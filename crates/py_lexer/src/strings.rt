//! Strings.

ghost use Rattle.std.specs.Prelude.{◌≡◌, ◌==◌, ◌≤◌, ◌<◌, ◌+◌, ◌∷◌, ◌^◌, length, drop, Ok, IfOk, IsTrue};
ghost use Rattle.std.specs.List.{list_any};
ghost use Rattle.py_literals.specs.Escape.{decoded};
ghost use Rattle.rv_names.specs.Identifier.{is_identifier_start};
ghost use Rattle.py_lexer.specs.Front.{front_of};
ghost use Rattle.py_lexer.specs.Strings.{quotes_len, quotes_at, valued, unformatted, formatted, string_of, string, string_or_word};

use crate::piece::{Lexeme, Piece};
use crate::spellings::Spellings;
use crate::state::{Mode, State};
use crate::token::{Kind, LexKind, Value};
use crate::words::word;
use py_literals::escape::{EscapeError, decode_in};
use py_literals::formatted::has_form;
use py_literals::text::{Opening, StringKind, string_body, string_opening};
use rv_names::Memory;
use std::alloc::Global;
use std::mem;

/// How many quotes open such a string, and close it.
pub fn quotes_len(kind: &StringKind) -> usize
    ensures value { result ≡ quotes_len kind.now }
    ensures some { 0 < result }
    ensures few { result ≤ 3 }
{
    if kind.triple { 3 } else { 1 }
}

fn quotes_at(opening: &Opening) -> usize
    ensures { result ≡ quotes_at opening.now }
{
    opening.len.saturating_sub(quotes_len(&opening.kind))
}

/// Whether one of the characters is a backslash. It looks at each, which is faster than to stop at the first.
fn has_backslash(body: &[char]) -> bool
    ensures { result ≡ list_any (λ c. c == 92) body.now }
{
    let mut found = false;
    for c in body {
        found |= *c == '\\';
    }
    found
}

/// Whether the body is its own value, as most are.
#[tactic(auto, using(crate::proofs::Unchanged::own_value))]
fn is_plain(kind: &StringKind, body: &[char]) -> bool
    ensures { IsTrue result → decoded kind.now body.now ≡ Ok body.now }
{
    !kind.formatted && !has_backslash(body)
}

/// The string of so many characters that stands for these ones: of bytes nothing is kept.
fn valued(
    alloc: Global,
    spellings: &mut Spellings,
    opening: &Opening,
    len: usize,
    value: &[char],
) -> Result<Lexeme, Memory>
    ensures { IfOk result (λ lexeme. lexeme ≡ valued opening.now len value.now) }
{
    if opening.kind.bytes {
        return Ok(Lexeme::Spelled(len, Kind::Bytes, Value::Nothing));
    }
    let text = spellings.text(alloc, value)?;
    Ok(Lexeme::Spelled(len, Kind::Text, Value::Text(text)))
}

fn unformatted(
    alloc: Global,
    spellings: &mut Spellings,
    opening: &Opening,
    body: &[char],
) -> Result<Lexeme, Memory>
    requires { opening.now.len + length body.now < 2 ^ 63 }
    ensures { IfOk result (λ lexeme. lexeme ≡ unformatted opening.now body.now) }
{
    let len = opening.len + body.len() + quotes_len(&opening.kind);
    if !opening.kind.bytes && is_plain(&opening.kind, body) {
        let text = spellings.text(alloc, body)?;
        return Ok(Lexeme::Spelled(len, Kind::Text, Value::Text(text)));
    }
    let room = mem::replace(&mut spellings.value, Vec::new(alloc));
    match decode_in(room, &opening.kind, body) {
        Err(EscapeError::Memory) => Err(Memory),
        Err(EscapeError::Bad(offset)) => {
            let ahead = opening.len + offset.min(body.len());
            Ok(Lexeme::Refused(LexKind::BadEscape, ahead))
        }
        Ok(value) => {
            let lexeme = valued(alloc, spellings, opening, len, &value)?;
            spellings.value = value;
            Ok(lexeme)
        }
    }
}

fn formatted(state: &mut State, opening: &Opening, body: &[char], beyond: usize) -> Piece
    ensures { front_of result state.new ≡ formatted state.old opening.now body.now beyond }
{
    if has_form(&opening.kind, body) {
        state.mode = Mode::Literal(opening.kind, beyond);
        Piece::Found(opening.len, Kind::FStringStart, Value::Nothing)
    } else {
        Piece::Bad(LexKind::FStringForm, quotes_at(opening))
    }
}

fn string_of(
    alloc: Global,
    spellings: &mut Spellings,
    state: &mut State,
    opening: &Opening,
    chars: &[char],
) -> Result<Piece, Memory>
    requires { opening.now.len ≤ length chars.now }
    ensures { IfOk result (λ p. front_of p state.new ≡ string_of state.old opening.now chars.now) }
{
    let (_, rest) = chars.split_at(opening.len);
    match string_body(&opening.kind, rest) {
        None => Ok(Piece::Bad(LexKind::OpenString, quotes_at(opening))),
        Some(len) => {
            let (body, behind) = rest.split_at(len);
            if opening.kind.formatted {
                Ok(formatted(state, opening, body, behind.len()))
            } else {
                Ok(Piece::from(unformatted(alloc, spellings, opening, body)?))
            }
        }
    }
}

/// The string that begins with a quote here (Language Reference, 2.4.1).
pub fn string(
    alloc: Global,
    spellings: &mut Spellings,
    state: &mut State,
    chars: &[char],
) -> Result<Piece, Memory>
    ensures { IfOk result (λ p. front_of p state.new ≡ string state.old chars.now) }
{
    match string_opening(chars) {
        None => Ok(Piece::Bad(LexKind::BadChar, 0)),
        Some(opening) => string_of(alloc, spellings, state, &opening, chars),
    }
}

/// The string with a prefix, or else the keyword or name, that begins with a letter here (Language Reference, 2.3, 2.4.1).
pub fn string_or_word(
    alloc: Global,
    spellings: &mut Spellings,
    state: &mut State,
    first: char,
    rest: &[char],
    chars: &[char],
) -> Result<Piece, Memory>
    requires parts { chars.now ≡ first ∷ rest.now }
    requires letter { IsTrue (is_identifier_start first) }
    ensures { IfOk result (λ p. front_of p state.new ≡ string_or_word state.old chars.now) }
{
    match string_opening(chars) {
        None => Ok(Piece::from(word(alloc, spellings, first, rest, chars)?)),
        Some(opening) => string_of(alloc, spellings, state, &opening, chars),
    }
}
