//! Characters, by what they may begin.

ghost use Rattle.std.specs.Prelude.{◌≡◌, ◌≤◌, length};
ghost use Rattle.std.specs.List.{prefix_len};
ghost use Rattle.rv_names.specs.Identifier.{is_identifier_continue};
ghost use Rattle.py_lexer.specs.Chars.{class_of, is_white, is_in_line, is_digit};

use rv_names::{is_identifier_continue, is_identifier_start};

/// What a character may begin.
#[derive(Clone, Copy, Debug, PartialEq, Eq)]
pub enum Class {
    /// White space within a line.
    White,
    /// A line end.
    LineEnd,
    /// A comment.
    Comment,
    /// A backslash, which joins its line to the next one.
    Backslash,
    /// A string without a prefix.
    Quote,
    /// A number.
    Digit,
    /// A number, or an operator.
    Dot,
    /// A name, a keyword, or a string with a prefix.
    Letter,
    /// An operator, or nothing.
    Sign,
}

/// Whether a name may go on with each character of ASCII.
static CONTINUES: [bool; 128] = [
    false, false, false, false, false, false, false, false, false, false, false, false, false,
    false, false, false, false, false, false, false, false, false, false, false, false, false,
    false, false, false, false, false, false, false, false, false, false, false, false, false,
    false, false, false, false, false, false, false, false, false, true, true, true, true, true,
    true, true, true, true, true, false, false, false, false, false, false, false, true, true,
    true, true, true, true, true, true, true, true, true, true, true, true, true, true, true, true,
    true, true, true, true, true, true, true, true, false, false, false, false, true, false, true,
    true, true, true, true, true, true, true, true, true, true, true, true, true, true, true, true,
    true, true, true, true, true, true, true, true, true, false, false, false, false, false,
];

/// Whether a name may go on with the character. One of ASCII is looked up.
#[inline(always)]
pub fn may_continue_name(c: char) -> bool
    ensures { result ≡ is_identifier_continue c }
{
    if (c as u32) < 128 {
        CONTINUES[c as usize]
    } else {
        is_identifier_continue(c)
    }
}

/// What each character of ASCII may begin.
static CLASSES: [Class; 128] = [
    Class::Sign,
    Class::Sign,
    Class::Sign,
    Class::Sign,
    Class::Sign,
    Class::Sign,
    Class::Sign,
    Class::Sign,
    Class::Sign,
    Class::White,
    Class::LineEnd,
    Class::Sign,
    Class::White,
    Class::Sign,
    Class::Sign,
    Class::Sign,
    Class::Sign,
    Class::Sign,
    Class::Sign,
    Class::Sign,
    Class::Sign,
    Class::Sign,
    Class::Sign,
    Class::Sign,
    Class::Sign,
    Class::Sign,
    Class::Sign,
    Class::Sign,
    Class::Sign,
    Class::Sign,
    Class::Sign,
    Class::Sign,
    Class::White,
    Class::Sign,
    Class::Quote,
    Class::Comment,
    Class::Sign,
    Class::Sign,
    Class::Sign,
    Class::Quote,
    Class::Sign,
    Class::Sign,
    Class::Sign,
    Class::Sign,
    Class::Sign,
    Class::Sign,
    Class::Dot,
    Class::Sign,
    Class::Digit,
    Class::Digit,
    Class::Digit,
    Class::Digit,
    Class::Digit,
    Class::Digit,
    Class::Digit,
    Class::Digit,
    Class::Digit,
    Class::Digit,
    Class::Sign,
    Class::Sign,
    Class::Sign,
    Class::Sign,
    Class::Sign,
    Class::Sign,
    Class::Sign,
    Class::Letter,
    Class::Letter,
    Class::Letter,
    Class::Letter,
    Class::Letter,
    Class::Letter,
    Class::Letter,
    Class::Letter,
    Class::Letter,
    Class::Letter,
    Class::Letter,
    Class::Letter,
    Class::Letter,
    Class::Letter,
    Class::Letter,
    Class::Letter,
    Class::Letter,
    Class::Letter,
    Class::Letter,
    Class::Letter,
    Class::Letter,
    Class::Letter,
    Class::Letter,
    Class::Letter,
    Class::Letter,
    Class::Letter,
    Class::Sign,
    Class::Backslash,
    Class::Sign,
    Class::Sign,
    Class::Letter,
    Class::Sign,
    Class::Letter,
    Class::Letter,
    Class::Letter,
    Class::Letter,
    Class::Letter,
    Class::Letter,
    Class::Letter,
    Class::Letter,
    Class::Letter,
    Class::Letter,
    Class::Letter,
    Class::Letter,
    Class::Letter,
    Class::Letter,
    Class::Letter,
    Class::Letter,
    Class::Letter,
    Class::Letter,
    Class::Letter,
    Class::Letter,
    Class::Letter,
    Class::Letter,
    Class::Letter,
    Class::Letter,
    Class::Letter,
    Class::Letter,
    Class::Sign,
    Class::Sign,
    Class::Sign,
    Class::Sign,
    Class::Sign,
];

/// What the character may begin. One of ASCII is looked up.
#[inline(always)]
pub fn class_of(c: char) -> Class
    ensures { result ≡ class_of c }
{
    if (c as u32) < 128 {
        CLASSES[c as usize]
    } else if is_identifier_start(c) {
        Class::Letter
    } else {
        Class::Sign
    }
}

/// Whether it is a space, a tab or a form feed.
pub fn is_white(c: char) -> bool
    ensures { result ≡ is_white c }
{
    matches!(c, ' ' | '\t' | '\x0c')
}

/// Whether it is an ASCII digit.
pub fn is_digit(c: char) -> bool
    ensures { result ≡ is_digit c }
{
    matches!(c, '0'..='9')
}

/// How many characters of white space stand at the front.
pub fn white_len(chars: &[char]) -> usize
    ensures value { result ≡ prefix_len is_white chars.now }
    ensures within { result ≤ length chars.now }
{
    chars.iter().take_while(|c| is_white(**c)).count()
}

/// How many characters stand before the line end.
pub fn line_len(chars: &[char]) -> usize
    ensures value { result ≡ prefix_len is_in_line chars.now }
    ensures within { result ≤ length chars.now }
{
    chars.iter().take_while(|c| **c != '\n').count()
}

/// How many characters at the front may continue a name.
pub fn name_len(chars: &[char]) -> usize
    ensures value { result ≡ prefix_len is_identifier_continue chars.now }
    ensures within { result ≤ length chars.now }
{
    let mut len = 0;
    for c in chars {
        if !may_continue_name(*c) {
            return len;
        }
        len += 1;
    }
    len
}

______________________________

### BRIEF:
The first line of the entries above and every line after it, up to and including the line with "use std::mem;", should be set down exactly.

### SOLVED EXERCISE:
filename crates/py_lexer/src/strings.rt
//! Strings.

ghost use Rattle.std.specs.Prelude.{◌≡◌, ◌==◌, ◌≤◌, ◌<◌, ◌+◌, ◌∷◌, ◌^◌, length, drop, Ok, IfOk, IsTrue};
ghost use Rattle.std.specs.List.{list_any};
ghost use Rattle.py_literals.specs.Escape.{decoded};
ghost use Rattle.rv_names.specs.Identifier.{is_identifier_start};
ghost use Rattle.py_lexer.specs.Front.{front_of};
ghost use Rattle.py_lexer.specs.Strings.{quotes_len, quotes_at, valued, unformatted, formatted, string_of, string, string_or_word};

use crate::piece::{Lexeme, Piece};
use crate::spellings::Spellings;
use crate::state::{Mode, State};
use crate::token::{Kind, LexKind, Value};
use crate::words::word;
use py_literals::escape::{EscapeError, decode_in};
use py_literals::formatted::has_form;
use py_literals::text::{Opening, StringKind, string_body, string_opening};
use rv_names::Memory;
use std::alloc::Global;
use std::mem;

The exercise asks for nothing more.